EXERCISE AIM: What lines below include the word "Getx"? Copy each one.

──────── SUPPLIED DATA ────────

impl MapTree {
    /// The tree with the root alone.
    pub fn empty(alloc: Global, at: Moment) -> Result<MapTree, NoMemory>
        ensures { IfOk result (λ t. t ≡ empty_tree at) }
    {
        Ok(MapTree {
            highest: 1,
            lock: LockState::Absent,
            nodes: NodeMap::new(alloc, at),
            alloc,
        })
    }

    /// Answers a call, and changes the tree as it says. Without memory nothing changes.
    pub fn apply(&mut self, call: &Call, at: Moment) -> Result<Answer, NoMemory>
        requires { IsValid self.old }
        ensures answer { IfOk result (λ a. a ≡ answer self.old call.now) }
        ensures after { OnOk result (self.new ≡ after self.old call.now at) }
        ensures err { OnErr result (self.new ≡ self.old) }
    {
        match lock_refusal(self.lock, call) {
            Some(refusal) => Ok(Answer::Refused(refusal)),
            None => self.apply_within(call, at),
        }
    }

    /// The same of a call that the lock doesn't refuse.
    fn apply_within(&mut self, call: &Call, at: Moment) -> Result<Answer, NoMemory>
        requires { IsValid self.old }
        ensures answer { IfOk result (λ a. a ≡ answer_within self.old call.now) }
        ensures after { OnOk result (self.new ≡ after_within self.old call.now at) }
        ensures err { OnErr result (self.new ≡ self.old) }
    {
        match call {
            Call::Mkdir { path } => self.create(path.as_slice(), Kind::Dir, at),
            Call::Create { path } => {
                let file = Kind::File(PagedFile::new(self.alloc));
                self.create(path.as_slice(), file, at)
            }
            Call::Write {
                path,
                offset,
                bytes,
            } => self.write(path.as_slice(), *offset, bytes.as_slice(), at),
            Call::Truncate { path, length } => Ok(self.truncate(path.as_slice(), *length, at)),
            Call::Read {
                path,
                offset,
                count,
            } => self.read(path.as_slice(), *offset, *count),
            Call::Listing { path } => self.list(path.as_slice()),
            Call::Stat { path } => self.stat(path.as_slice()),
            Call::Rename { from, to } => self.rename(from.as_slice(), to.as_slice(), at),
            Call::Remove { path } => Ok(self.remove(path.as_slice(), at)),
            Call::Setx { path, key, bytes } => self.set_key(path.as_slice(), key, bytes, at),
            Call::Getx { path, key } => self.get_key(path.as_slice(), key),
            Call::Dropx { path, key } => Ok(self.drop_key(path.as_slice(), key, at)),
            Call::Readonly { path, on } => Ok(self.set_flag(path.as_slice(), *on, at)),
            Call::LockVolume => Ok(self.set_lock(LockState::Locked)),
            Call::UnlockVolume => Ok(self.unlock()),
            Call::PermLock => Ok(self.set_lock(LockState::PermLocked)),
            Call::Sync => Ok(Answer::Synced),
        }
    }

    fn create(&mut self, path: &[Text], kind: Kind, at: Moment) -> Result<Answer, NoMemory>
        requires { IsValid self.old }
        ensures answer { IfOk result (λ a. a ≡ answer_unless (new_refusal self.old path.now) Answer.Done) }
        ensures after { OnOk result (self.new
            ≡ after_unless (new_refusal self.old path.now) (with_new kind self.old path.now at) self.old) }
        ensures err { OnErr result (self.new ≡ self.old) }
    {
        if let Some(refusal) = self.new_refusal(path)? {
            return Ok(Answer::Refused(refusal));
        }
        let uid = self.highest + 1;
        self.nodes
            .insert(self.alloc, path, new_node(self.alloc, kind, uid, at))?;
        self.nodes.change(parent(path), NodeChange::Touch, at);
        self.highest = uid;
        Ok(Answer::Done)
    }

    fn write(
        &mut self,
        path: &[Text],
        offset: u64,
        bytes: &[u8],
        at: Moment,
    ) -> Result<Answer, NoMemory>
        ensures answer { IfOk result (λ a. a ≡ answer_within self.old (Call.Write path.now offset bytes.now)) }
        ensures after { OnOk result (self.new ≡ after_within self.old (Call.Write path.now offset bytes.now) at) }
        ensures err { OnErr result (self.new ≡ self.old) }
    {
        if let Some(refusal) = no_file(&self.nodes, path) {
            return Ok(Answer::Refused(refusal));
        }
        if let Some(refusal) = read_only(&self.nodes, path) {
            return Ok(Answer::Refused(refusal));
        }
        if offset > LONGEST_FILE || bytes.len() as u64 > LONGEST_FILE - offset {
            return Ok(Answer::Refused(Refusal::TooLong));
        }
        if !bytes.is_empty() {
            self.nodes
                .write(self.alloc, path, NodeWrite::File(offset, bytes), at)?;
        }
        Ok(Answer::Done)
    }

    fn truncate(&mut self, path: &[Text], size: u64, at: Moment) -> Answer
        ensures answer { result ≡ answer_within self.old (Call.Truncate path.now size) }
        ensures after { self.new ≡ after_within self.old (Call.Truncate path.now size) at }
    {
        let present = match file_length(&self.nodes, path) {
            Err(refusal) => return Answer::Refused(refusal),
            Ok(present) => present,
        };
        if let Some(refusal) = read_only(&self.nodes, path) {
            return Answer::Refused(refusal);
        }
        if size > LONGEST_FILE {
            return Answer::Refused(Refusal::TooLong);
        }
        if size != present {
            self.nodes.change(path, NodeChange::Resize(size), at);
        }
        Answer::Done
    }

    fn read(&self, path: &[Text], offset: u64, count: u64) -> Result<Answer, NoMemory>
        ensures { IfOk result (λ a. a ≡ answer_within self.now (Call.Read path.now offset count)) }
    {
        match self.nodes.find(path) {
            Err(refusal) => Ok(Answer::Refused(refusal)),
            Ok(node) => match &node.kind {
                Kind::Dir => Ok(Answer::Refused(Refusal::IsDir)),
                Kind::Link(_) => Ok(Answer::Refused(Refusal::IsLink)),
                Kind::File(file) => Ok(Answer::Got(file.read(offset, count)?)),
            },
        }
    }

    fn list(&self, path: &[Text]) -> Result<Answer, NoMemory>
        ensures { IfOk result (λ a. a ≡ answer_within self.now (Call.Listing path.now)) }
    {
        match no_dir(&self.nodes, path) {
            Some(refusal) => Ok(Answer::Refused(refusal)),
            None => {
                let entries = self.nodes.list(self.alloc, path)?;
                Ok(Answer::Names(Lines::new(self.alloc, entries)?))
            }
        }
    }

    fn remove(&mut self, path: &[Text], at: Moment) -> Answer
        requires { IsValid self.old }
        ensures answer { result ≡ answer_within self.old (Call.Remove path.now) }
        ensures after { self.new ≡ after_within self.old (Call.Remove path.now) at }
    {
        if path.is_empty() {
            return Answer::Refused(Refusal::Root);
        }
        if let Some(refusal) = no_node(&self.nodes, path) {
            return Answer::Refused(refusal);
        }
        if self.nodes.has_entries(path) {
            return Answer::Refused(Refusal::NotEmpty);
        }
        if let Some(refusal) = read_only(&self.nodes, parent(path)) {
            return Answer::Refused(refusal);
        }
        self.nodes.remove(path);
        self.nodes.change(parent(path), NodeChange::Touch, at);
        Answer::Done
    }

    fn set_key(
        &mut self,
        path: &[Text],
        key: &Text,
        bytes: &Bytes,
        at: Moment,
    ) -> Result<Answer, NoMemory>
        ensures answer { IfOk result (λ a. a ≡ answer_within self.old (Call.Setx path.now key.now bytes.now)) }
        ensures after { OnOk result (self.new ≡ after_within self.old (Call.Setx path.now key.now bytes.now) at) }
        ensures err { OnErr result (self.new ≡ self.old) }
    {
        if let Some(refusal) = self.key_refusal(path, key) {
            return Ok(Answer::Refused(refusal));
        }
        if !self.has_value(path, key, bytes) {
            self.nodes
                .write(self.alloc, path, NodeWrite::Key(key, bytes), at)?;
        }
        Ok(Answer::Done)
    }

    /// Why a node gets no such key.
    fn key_refusal(&self, path: &[Text], key: &Text) -> Option<Refusal>
        ensures { result ≡ key_refusal self.now.nodes path.now key.now }
    {
        if let Some(refusal) = bad_key(key) {
            return Some(refusal);
        }
        match self.nodes.find(path) {
            Err(refusal) => Some(refusal),
            Ok(node) if node.readonly => Some(Refusal::ReadOnly),
            Ok(node) if node.keys.len() >= MOST_KEYS && node.keys.get(key.as_str()).is_none() => {
                Some(Refusal::ManyKeys)
            }
            Ok(_) => None,
        }
    }

    /// Whether a key of the node at a path has these bytes.
    fn has_value(&self, path: &[Text], key: &Text, bytes: &Bytes) -> bool
        ensures { result ≡ has_value self.now.nodes path.now key.now bytes.now }
    {
        match self.nodes.find(path) {
            Err(_) => false,
            Ok(node) => match node.keys.get(key.as_str()) {
                None => false,
                Some(value) => value.as_slice() == bytes.as_slice(),
            },
        }
    }

    fn get_key(&self, path: &[Text], key: &Text) -> Result<Answer, NoMemory>
        ensures { IfOk result (λ a. a ≡ answer_within self.now (Call.Getx path.now key.now)) }
    {
        match self.nodes.find(path) {
            Err(refusal) => Ok(Answer::Refused(refusal)),
            Ok(node) => match node.keys.get(key.as_str()) {
                None => Ok(Answer::Refused(Refusal::NoKey)),
                Some(value) => Ok(Answer::Got(value.try_clone(self.alloc)?)),
            },
        }
    }

    fn drop_key(&mut self, path: &[Text], key: &Text, at: Moment) -> Answer
        ensures answer { result ≡ answer_within self.old (Call.Dropx path.now key.now) }
        ensures after { self.new ≡ after_within self.old (Call.Dropx path.now key.now) at }
    {
        if let Some(refusal) = no_node(&self.nodes, path) {
            return Answer::Refused(refusal);
        }
        if let Some(refusal) = no_key(&self.nodes, path, key) {
            return Answer::Refused(refusal);
        }
        if let Some(refusal) = read_only(&self.nodes, path) {
            return Answer::Refused(refusal);
        }
        self.nodes.change(path, NodeChange::DropKey(key), at);
        Answer::Done
    }

    fn set_flag(&mut self, path: &[Text], on: bool, at: Moment) -> Answer
        ensures answer { result ≡ answer_within self.old (Call.Readonly path.now on) }
        ensures after { self.new ≡ after_within self.old (Call.Readonly path.now on) at }
    {
        if let Some(refusal) = no_node(&self.nodes, path) {
            return Answer::Refused(refusal);
        }
        if !same_flag(self.flag_at(path), on) {
            self.nodes.change(path, NodeChange::Flag(on), at);
        }
        Answer::Done
    }

    /// Whether the node at a path is read-only.
    fn flag_at(&self, path: &[Text]) -> bool
        ensures { result ≡ flag_at self.now.nodes path.now }
    {
        match self.nodes.find(path) {
            Err(_) => false,
            Ok(node) => node.readonly,
        }
    }

    fn set_lock(&mut self, state: LockState) -> Answer
        ensures answer { result ≡ Answer.Done }
        ensures after { self.new ≡ record self.old { lock = state } }
    {
        self.lock = state;
        Answer::Done
    }

    fn unlock(&mut self) -> Answer
        ensures answer { result ≡ Answer.Done }
        ensures after { self.new ≡ record self.old { lock = unlocked self.old.lock } }
    {
        if self.lock == LockState::Locked {
            self.lock = LockState::Unlocked;
        }
        Answer::Done
    }

    fn stat(&self, path: &[Text]) -> Result<Answer, NoMemory>
        ensures { IfOk result (λ a. a ≡ answer_within self.now (Call.Stat path.now)) }
    {
        match self.nodes.find(path) {
            Err(refusal) => Ok(Answer::Refused(refusal)),
            Ok(node) => Ok(Answer::Facts(facts_of(self.alloc, node)?)),
        }
    }

    fn rename(&mut self, from: &[Text], to: &[Text], at: Moment) -> Result<Answer, NoMemory>
        requires { IsValid self.old }
        ensures answer { IfOk result (λ a. a ≡ answer_within self.old (Call.Rename from.now to.now)) }
        ensures after { OnOk result (self.new ≡ after_within self.old (Call.Rename from.now to.now) at) }
        ensures err { OnErr result (self.new ≡ self.old) }
    {
        if let Some(refusal) = self.rename_refusal(from, to)? {
            return Ok(Answer::Refused(refusal));
        }
        if !same_path(from, to) {
            self.nodes.rename(self.alloc, from, to)?;
            self.nodes.change(to, NodeChange::Note, at);
            self.nodes.change(parent(from), NodeChange::Touch, at);
            self.nodes.change(parent(to), NodeChange::Touch, at);
        }
        Ok(Answer::Done)
    }

    /// Why a node may not move to another path.
    fn rename_refusal(&self, from: &[Text], to: &[Text]) -> Result<Option<Refusal>, NoMemory>
        ensures { IfOk result (λ refusal. refusal ≡ rename_refusal self.now.nodes from.now to.now) }
    {
        if let Some(refusal) = bad_name(self.alloc, to)? {
            return Ok(Some(refusal));
        }
        if from.is_empty() || to.is_empty() {
            return Ok(Some(Refusal::Root));
        }
        if let Some(refusal) = no_node(&self.nodes, from) {
            return Ok(Some(refusal));
        }
        if let Some(refusal) = no_dir(&self.nodes, parent(to)) {
            return Ok(Some(refusal));
        }
        if same_path(from, to) {
            return Ok(None);
        }
        if self.nodes.contains(to) {
            return Ok(Some(Refusal::Exists));
        }
        if is_below(from, to) {
            return Ok(Some(Refusal::Inside));
        }
        match read_only(&self.nodes, parent(from)) {
            Some(refusal) => Ok(Some(refusal)),
            None => Ok(read_only(&self.nodes, parent(to))),
        }
    }

    /// Why a new node may not stand at the path.
    fn new_refusal(&self, path: &[Text]) -> Result<Option<Refusal>, NoMemory>
        ensures value { IfOk result (λ refusal. refusal ≡ new_refusal self.now path.now) }
        ensures room { IfOk result (λ refusal. IfNone refusal ((0 < length path.now) × (self.now.highest < 2 ^ 62))) }
    {
        if let Some(refusal) = bad_name(self.alloc, path)? {
            return Ok(Some(refusal));
        }
        if path.is_empty() {
            return Ok(Some(Refusal::Root));
        }
        if let Some(refusal) = no_dir(&self.nodes, parent(path)) {
            return Ok(Some(refusal));
        }
        if self.nodes.contains(path) {
            return Ok(Some(Refusal::Exists));
        }
        if let Some(refusal) = read_only(&self.nodes, parent(path)) {
            return Ok(Some(refusal));
        }
        if self.nodes.len() >= MOST_NODES as usize || self.highest >= LAST_UID {
            return Ok(Some(Refusal::TooMany));
        }
        Ok(None)
    }
}
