use tape_types::node_keys::Xattr;
use tape_types::{List, Text, Times};

/// A run of a file's bytes on tape, as an index tells it (LTFS 2.4 on data extents). It begins
/// at byte `byte` of the block at position `block` of the partition with this letter, and goes
/// on through the blocks after it. Its `count` bytes stand in the file from byte `offset` on.
///
/// An index may tell more than the tape holds: whether the letter is one of the volume's two,
/// and whether the blocks are there and long enough, is seen when it is mounted. All four
/// numbers are at most 2^62 in an index that is valid, and so is the sum of `offset` and
/// `count`.
#[derive(Clone, Copy, Debug, PartialEq, Eq)]
pub struct RawExtent {
    /// The offset in the file of the first byte, in bytes.
    pub offset: u64,
    /// The partition's letter, `a` to `z` in ASCII.
    pub letter: u8,
    /// The position of the first block, counted in items from the partition's beginning.
    pub block: u64,
    /// The offset of the first byte in that block, in bytes.
    pub byte: u64,
    /// The count of bytes. It may be 0.
    pub count: u64,
}

/// What a node is.
#[derive(Drop)]
pub enum NodeKind {
    /// A directory. Its children are the nodes that name it as their parent.
    Dir,
    /// A file. `length` is in bytes, at most 2^40 in a valid index. The extents stand in the
    /// order of the document, which may be any; what none of them covers below the length
    /// reads as zeros. No two that have bytes share an offset.
    File {
        length: u64,
        extents: List<RawExtent>,
    },
    /// A symbolic link: the text of what it points to. It may be any text, an empty one too.
    Link {
        text: Text,
    },
}

/// A directory, a file or a symbolic link (LTFS 2.4 on the directory and file elements).
#[derive(Drop)]
pub struct Node {
    /// The place in the list of nodes of the directory that this node is in, below the node's
    /// own place; 0 for the root.
    pub parent: u32,
    /// The file UID: in a valid index 1 for the root, above 0, at most the index's highest,
    /// and no other node's.
    pub uid: u64,
    /// The name, which no other child of the same directory has. The root's is the name of
    /// the volume, and may be empty.
    pub name: Text,
    pub times: Times,
    /// Whether the node may not be changed.
    pub readonly: bool,
    /// The extended attributes, in the order of the document. In a valid index no key stands
    /// twice; there may be any number of them.
    pub xattrs: List<Xattr>,
    pub kind: NodeKind,
}
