//! A script on the cartridge in a drive, whoever tells afterwards what came of it.

ghost use Rattle.std.specs.Prelude.{◌≡◌, ◌≤◌, ◌-◌, ◌^◌, IfSome};
ghost use Rattle.cartridge_meaning.specs.Mounts.{IsMount, Mounts};
ghost use Rattle.cartridge_meaning.specs.Notes.{HasHonestNotes};
ghost use Rattle.promises.specs.ServingPromise.Ends.{begun};
ghost use Rattle.promises.specs.CrashLaws.May.{MayServe, MayStart};
ghost use Rattle.line_printer.specs.Printing.{blank};
ghost use Rattle.session_run.specs.Printed.{IsLogPrinted};
ghost use Rattle.session_run.specs.Serving.{IsBegun, IsLookedAt, Whole};

use crate::ends::{ServeEnd, Served, mount_end, of_close};
use crate::host::Host;
use crate::ran::{Ran, RanEnd, run_sessions};
use cartridge_meaning::Mounted;
use line_printer::Printer;
use mount_recover::mount;
use promises::serving_promise::Kept;
use run_laws::plays_are_runs;
use session_script::Script;
use std::snapshot::Snapshot;
use std::sync::Wait;
use std::thread::Threads;
use tape_desk::Shelf;
use tape_drive::Drive;
use tape_edge::{Clock, Gate, Sink};
use volume_core::Volume;

/// Mounts the cartridge in a drive, runs all sessions of a script on its volume, and closes the volume. Each line of
/// the log is printed in the turn in which it and all before it are decided, all of them before the close. Each command
/// is made only where the owner of the drive allows all that a crash may leave of it.
pub fn serve_volume<
    R: Threads + Wait + Sync,
    D: Drive + Send,
    C: Clock + Send,
    K: Sink + Send,
    G: Gate + Sync,
>(host: &Host<'_, R, G>, drive: D, clock: C, script: Script, printer: Printer<K>) -> Served<D, K>
    requires honest { IfSome (D.held drive) HasHonestNotes }
    requires allowed { MayServe D.Drive script (C.one clock) drive }
    requires unprinted { printer ≡ blank printer.first printer.quiet }
    ensures whole { Whole D.Drive drive (C.one clock) script result }
    ensures printed { IsLogPrinted K.Sink printer result.printer result.log }
{
    // The capacities are in their range.
    let _capacities_are_in_range = drive.limits();
    // The number of faults is in its range.
    let _faults_are_in_range = drive.faults();
    let since = Snapshot::of(&drive.commands());
    let mut drive = drive;
    match mount(host.alloc, &mut drive) {
        Ok(mounted) => serve_mounted(host, mounted, drive, clock, script, printer, since),
        Err(error) => Served {
            drive,
            printer,
            log: None,
            end: mount_end(error),
        },
    }
}

/// Runs a script on a volume that was mounted, and closes it.
fn serve_mounted<
    R: Threads + Wait + Sync,
    D: Drive + Send,
    C: Clock + Send,
    K: Sink + Send,
    G: Gate + Sync,
>(
    host: &Host<'_, R, G>,
    mounted: Mounted,
    drive: D,
    clock: C,
    script: Script,
    printer: Printer<K>,
    since: Snapshot<u64>,
) -> Served<D, K>
    requires mounts { IfSome (D.held drive) (λ c. Mounts c mounted) }
    requires mount { IsMount (D.limits drive) mounted }
    requires reached { since.value ≤ D.commands drive }
    requires allowed { MayStart D.Drive mounted drive script (C.one clock) since.value }
    requires unprinted { printer ≡ blank printer.first printer.quiet }
    ensures whole { (start : D) → D.faults start ≤ 2 ^ 64 - 1 → IsLookedAt D.Drive start drive
        → since.value ≡ D.commands start → Whole D.Drive start (C.one clock) script result }
    ensures printed { IsLogPrinted K.Sink printer result.printer result.log }
{
    match Volume::start(
        host.alloc,
        mounted,
        drive,
        clock,
        script,
        since,
        host.spares,
    ) {
        Ok(volume) => serve_begun(host, Shelf::new(volume, printer)),
        Err(Kept { drive, clock: _ }) => Served {
            drive,
            printer,
            log: None,
            end: ServeEnd::NoMemory,
        },
    }
}

/// Runs the script of a volume that was begun, and closes the volume.
fn serve_begun<
    R: Threads + Wait + Sync,
    D: Drive + Send,
    C: Clock + Send,
    K: Sink + Send,
    G: Gate + Sync,
>(host: &Host<'_, R, G>, shelf: Shelf<D, C, K>) -> Served<D, K>
    requires fresh { shelf.volume ≡ begun shelf.volume.fixed shelf.volume.next }
    requires unprinted { shelf.printer ≡ blank shelf.printer.first shelf.printer.quiet }
    ensures whole { (start : D) → D.faults start ≤ 2 ^ 64 - 1 → IsBegun D.Drive start shelf.volume.fixed
        → Whole D.Drive start shelf.volume.fixed.moment shelf.volume.fixed.script result }
    ensures printed { IsLogPrinted K.Sink shelf.printer result.printer result.log }
{
    let sessions = shelf.volume.script().sessions();
    let Ran {
        shelf: ran,
        outcome,
    } = run_sessions(host, shelf, sessions);
    let Shelf { volume, printer } = ran;
    match outcome {
        RanEnd::Done => {
            plays_are_runs::<D>();
            of_close(volume.close(), printer)
        }
        RanEnd::NoMemory => {
            let Kept { drive, clock: _ } = volume.part();
            Served {
                drive,
                printer,
                log: None,
                end: ServeEnd::NoMemory,
            }
        }
    }
}
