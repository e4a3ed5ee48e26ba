use std::alloc::Global;

/// What the sessions of a serving run on.
#[derive(Drop)]
pub struct Host<'a, R, G> {
    /// Where their threads come from.
    pub rt: &'a R,
    pub alloc: Global,
    /// What each of them passes before its turns.
    pub gate: &'a G,
    /// Whether names and bytes of replies go once they were handed out with all before them, and a call was placed behind
    /// that. The log then has them for contracts alone.
    pub spares: bool,
}
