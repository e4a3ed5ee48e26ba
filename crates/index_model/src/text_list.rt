ghost use Rattle.std.specs.Prelude.{◌≡◌, ◌<◌, ◌≤◌, ◌-◌, [], ◌∷◌, ◌++◌, length, get_or, take, drop, OnOk, OnErr};
ghost use Rattle.std.specs.Str.{IsUtf8};
ghost use Rattle.index_model.specs.Cuts.{start};

use std::alloc::Global;
use std::marker::Model;
use std::str;
use tape_types::NoMemory;

/// TextList that take two allocations, however many they are. Contracts see the list of them, each by
/// its bytes in UTF-8.
#[derive(Drop)]
pub struct TextList {
    bytes: Vec<u8>,
    /// Where each text ends.
    ends: Vec<usize>,
}

impl Model for TextList {
    ghost use Rattle.std.specs.Prelude.{List as Items, ℕ};
    ghost use Rattle.index_model.specs.Cuts.{AreTexts, cut};

    ghost Value = { Items (Items ℕ) };

    ghost view = { λ t. cut 0 t.ends.items t.bytes.items };

    ghost invariant = { λ t. AreTexts 0 t.ends.items t.bytes.items };
}

/// Where the text at a place begins.
fn start(ends: &[usize], at: usize) -> usize
    requires { at ≤ length ends.now }
    ensures { result ≡ start 0 ends.now at }
{
    if at == 0 {
        return 0;
    }
    ends[at - 1]
}

fn text_between(bytes: &[u8], from: usize, end: usize) -> &str
    requires ordered { from ≤ end }
    requires inside { end ≤ length bytes.now }
    requires text { IsUtf8 (take (end - from) (drop from bytes.now)) }
    ensures { result.now ≡ take (end - from) (drop from bytes.now) }
{
    match str::from_utf8(&bytes[from..end]) {
        Ok(text) => text,
        Err(_) => unreachable!(),
    }
}

impl TextList {
    pub fn new(alloc: Global) -> TextList
        ensures { result ≡ [] }
    {
        TextList {
            bytes: Vec::new(alloc),
            ends: Vec::new(alloc),
        }
    }

    #[tactic(auto, using(crate::proofs::Cuts::cut_length))]
    pub fn len(&self) -> usize
        ensures { result ≡ length self.now }
    {
        self.ends.len()
    }

    /// The text at a place.
    #[tactic(auto, using(crate::proofs::Cuts::cut_length))]
    pub fn get(&self, at: usize) -> &str
        requires { at < length self.now }
        ensures { result.now ≡ get_or self.now at [] }
    {
        let from = start(self.ends.as_slice(), at);
        text_between(self.bytes.as_slice(), from, self.ends[at])
    }

    /// Appends a text, or nothing.
    #[tactic(auto, using(crate::proofs::Cuts::cut_more, crate::proofs::Cuts::texts_more))]
    pub fn push(&mut self, text: &str) -> Result<(), NoMemory>
        ensures ok { OnOk result (self.new ≡ self.old ++ text.now ∷ []) }
        ensures err { OnErr result (self.new ≡ self.old) }
    {
        let before = self.bytes.len();
        self.bytes.extend_from_slice(text.as_bytes())?;
        if self.ends.push(self.bytes.len()).is_err() {
            self.bytes.truncate(before);
            return Err(NoMemory);
        }
        Ok(())
    }
}
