//! What is wrong with an index as a whole (LTFS 2.4 on the index): with its UIDs, with its names,
//! with the keys of attributes, or with the extents of its files.

mod double_keys;
mod extents;
mod faults;
mod names;
mod uids;

pub use faults::first_fault;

────────

RESULT FOR THIS EXERCISE:
            Call::Getx { path, key } => self.get_key(path.as_slice(), key),
        ensures { IfOk result (λ a. a ≡ answer_within self.now (Call.Getx path.now key.now)) }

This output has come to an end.